Task
Repeat exactly the lines from the start of the entries below through the line containing "result ≡ (plan self.now).holder". Omit the rest.

[Start of section]

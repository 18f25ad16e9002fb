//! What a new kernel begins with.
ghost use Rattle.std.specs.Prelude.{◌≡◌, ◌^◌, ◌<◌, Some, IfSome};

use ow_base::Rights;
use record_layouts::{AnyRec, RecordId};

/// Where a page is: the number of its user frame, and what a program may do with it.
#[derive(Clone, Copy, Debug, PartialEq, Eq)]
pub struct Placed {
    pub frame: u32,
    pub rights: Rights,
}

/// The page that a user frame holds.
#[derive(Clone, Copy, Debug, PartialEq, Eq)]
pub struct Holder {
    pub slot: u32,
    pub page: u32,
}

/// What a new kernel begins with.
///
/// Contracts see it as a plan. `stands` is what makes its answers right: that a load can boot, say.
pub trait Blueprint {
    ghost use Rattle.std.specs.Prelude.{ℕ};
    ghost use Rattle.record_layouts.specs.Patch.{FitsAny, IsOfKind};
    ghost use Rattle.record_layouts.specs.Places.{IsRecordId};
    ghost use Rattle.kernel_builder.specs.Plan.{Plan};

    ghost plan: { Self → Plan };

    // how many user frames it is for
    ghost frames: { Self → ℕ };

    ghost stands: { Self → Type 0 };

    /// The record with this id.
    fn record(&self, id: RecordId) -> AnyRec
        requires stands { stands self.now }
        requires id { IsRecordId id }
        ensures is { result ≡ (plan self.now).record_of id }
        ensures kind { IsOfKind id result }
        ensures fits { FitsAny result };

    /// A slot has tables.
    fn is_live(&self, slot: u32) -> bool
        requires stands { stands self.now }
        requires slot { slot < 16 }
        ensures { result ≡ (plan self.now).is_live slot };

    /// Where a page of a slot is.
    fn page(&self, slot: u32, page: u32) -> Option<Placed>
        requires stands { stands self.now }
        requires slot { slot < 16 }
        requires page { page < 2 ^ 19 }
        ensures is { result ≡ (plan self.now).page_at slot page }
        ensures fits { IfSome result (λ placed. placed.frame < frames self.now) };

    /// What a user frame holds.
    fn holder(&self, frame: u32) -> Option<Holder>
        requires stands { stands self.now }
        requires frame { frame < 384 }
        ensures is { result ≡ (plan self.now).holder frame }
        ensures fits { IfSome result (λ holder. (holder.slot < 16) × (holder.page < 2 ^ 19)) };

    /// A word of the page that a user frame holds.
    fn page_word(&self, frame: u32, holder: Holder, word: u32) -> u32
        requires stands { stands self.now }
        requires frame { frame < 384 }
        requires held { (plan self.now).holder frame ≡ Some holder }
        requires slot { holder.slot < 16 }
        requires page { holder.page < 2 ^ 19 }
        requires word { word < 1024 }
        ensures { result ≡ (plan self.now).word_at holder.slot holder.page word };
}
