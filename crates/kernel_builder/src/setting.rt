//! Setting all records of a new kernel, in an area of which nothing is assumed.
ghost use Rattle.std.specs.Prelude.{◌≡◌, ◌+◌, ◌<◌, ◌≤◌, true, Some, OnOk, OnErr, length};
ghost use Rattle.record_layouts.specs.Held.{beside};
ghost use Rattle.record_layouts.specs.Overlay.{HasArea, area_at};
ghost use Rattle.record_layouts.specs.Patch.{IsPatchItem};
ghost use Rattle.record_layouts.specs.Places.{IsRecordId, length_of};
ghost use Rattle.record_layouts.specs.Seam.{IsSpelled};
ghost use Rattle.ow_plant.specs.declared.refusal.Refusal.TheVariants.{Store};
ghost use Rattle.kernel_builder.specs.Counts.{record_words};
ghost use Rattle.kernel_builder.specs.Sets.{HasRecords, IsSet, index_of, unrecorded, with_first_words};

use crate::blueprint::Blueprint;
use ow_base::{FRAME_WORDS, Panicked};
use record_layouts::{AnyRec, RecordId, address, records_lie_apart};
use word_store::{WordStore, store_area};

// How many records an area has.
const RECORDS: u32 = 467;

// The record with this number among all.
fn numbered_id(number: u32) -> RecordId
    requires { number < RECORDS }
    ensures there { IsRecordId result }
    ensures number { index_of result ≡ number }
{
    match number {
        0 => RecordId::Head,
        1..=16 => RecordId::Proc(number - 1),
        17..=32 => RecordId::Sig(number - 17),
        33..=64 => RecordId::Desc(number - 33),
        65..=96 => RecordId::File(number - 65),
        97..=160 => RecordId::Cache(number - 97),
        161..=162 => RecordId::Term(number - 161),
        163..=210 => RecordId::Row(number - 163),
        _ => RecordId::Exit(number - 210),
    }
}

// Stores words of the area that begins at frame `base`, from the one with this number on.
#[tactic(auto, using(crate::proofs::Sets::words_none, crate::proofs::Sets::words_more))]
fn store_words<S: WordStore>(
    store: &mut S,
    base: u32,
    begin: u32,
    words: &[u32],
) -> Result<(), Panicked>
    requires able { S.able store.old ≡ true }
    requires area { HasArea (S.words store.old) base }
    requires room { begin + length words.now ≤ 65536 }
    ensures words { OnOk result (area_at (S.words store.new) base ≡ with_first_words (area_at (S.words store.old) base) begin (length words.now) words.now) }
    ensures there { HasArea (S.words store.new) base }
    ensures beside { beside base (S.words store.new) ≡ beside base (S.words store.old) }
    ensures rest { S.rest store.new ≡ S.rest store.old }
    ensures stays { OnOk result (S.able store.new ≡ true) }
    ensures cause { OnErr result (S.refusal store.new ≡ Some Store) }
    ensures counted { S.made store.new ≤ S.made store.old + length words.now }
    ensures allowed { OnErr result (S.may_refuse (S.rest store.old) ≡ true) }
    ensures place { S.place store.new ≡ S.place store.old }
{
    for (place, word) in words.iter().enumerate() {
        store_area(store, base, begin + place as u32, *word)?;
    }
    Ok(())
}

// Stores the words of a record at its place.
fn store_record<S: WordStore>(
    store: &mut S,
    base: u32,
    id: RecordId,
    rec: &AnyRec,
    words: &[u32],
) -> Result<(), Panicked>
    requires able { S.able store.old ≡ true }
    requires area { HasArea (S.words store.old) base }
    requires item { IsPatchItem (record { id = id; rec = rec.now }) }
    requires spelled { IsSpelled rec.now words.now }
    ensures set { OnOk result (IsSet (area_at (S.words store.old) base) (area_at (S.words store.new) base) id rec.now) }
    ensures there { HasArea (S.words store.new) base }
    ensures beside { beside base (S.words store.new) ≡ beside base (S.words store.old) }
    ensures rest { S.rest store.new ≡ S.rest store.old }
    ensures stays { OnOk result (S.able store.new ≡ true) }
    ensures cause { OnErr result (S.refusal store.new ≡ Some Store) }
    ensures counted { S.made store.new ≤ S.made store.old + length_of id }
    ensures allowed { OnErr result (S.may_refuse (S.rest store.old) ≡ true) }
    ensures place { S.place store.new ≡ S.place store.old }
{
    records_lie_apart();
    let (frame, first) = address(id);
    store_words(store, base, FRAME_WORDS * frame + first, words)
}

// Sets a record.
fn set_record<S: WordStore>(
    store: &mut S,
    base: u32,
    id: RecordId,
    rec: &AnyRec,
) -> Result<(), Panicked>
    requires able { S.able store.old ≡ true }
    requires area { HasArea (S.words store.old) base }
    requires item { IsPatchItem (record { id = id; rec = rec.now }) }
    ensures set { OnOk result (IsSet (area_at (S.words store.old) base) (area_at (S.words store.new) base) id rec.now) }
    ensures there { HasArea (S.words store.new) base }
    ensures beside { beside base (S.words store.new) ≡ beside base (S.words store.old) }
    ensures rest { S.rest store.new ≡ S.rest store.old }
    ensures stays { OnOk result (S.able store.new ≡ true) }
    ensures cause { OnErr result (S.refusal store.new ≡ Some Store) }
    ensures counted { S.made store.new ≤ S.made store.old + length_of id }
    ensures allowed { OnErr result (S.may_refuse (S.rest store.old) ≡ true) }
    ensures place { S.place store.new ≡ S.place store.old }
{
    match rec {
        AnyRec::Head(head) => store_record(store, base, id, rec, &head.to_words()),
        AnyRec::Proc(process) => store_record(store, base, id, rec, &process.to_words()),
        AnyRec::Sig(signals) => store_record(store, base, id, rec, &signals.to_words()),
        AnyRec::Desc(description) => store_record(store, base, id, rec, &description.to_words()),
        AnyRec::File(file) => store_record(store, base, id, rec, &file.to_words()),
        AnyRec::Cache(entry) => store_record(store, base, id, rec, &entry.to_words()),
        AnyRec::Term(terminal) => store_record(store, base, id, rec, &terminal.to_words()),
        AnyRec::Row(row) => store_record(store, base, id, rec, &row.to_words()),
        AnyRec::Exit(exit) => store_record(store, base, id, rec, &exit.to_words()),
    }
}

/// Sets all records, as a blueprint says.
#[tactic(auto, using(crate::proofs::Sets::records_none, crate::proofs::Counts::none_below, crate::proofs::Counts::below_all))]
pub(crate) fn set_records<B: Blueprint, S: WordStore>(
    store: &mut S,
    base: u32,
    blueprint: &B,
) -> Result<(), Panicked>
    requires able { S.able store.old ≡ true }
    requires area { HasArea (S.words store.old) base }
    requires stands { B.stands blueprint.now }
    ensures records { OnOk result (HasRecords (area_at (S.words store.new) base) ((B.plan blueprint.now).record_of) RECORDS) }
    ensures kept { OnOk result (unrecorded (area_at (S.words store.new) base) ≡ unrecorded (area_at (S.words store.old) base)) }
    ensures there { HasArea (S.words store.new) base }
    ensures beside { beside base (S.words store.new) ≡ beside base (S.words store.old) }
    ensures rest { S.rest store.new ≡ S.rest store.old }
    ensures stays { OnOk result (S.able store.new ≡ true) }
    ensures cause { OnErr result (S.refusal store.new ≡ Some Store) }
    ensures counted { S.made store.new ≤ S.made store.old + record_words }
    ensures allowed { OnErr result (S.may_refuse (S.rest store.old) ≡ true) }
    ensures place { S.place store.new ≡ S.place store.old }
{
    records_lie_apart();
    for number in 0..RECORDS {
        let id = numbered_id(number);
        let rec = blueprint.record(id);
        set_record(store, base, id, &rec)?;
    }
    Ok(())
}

[End of section]

Solution below
repository 18f25ad16e9002fb
//! What a new kernel begins with.
ghost use Rattle.std.specs.Prelude.{◌≡◌, ◌^◌, ◌<◌, Some, IfSome};

use ow_base::Rights;
use record_layouts::{AnyRec, RecordId};

/// Where a page is: the number of its user frame, and what a program may do with it.
#[derive(Clone, Copy, Debug, PartialEq, Eq)]
pub struct Placed {
    pub frame: u32,
    pub rights: Rights,
}

/// The page that a user frame holds.
#[derive(Clone, Copy, Debug, PartialEq, Eq)]
pub struct Holder {
    pub slot: u32,
    pub page: u32,
}

/// What a new kernel begins with.
///
/// Contracts see it as a plan. `stands` is what makes its answers right: that a load can boot, say.
pub trait Blueprint {
    ghost use Rattle.std.specs.Prelude.{ℕ};
    ghost use Rattle.record_layouts.specs.Patch.{FitsAny, IsOfKind};
    ghost use Rattle.record_layouts.specs.Places.{IsRecordId};
    ghost use Rattle.kernel_builder.specs.Plan.{Plan};

    ghost plan: { Self → Plan };

    // how many user frames it is for
    ghost frames: { Self → ℕ };

    ghost stands: { Self → Type 0 };

    /// The record with this id.
    fn record(&self, id: RecordId) -> AnyRec
        requires stands { stands self.now }
        requires id { IsRecordId id }
        ensures is { result ≡ (plan self.now).record_of id }
        ensures kind { IsOfKind id result }
        ensures fits { FitsAny result };

    /// A slot has tables.
    fn is_live(&self, slot: u32) -> bool
        requires stands { stands self.now }
        requires slot { slot < 16 }
        ensures { result ≡ (plan self.now).is_live slot };

    /// Where a page of a slot is.
    fn page(&self, slot: u32, page: u32) -> Option<Placed>
        requires stands { stands self.now }
        requires slot { slot < 16 }
        requires page { page < 2 ^ 19 }
        ensures is { result ≡ (plan self.now).page_at slot page }
        ensures fits { IfSome result (λ placed. placed.frame < frames self.now) };

    /// What a user frame holds.
    fn holder(&self, frame: u32) -> Option<Holder>
        requires stands { stands self.now }
        requires frame { frame < 384 }
        ensures is { result ≡ (plan self.now).holder frame }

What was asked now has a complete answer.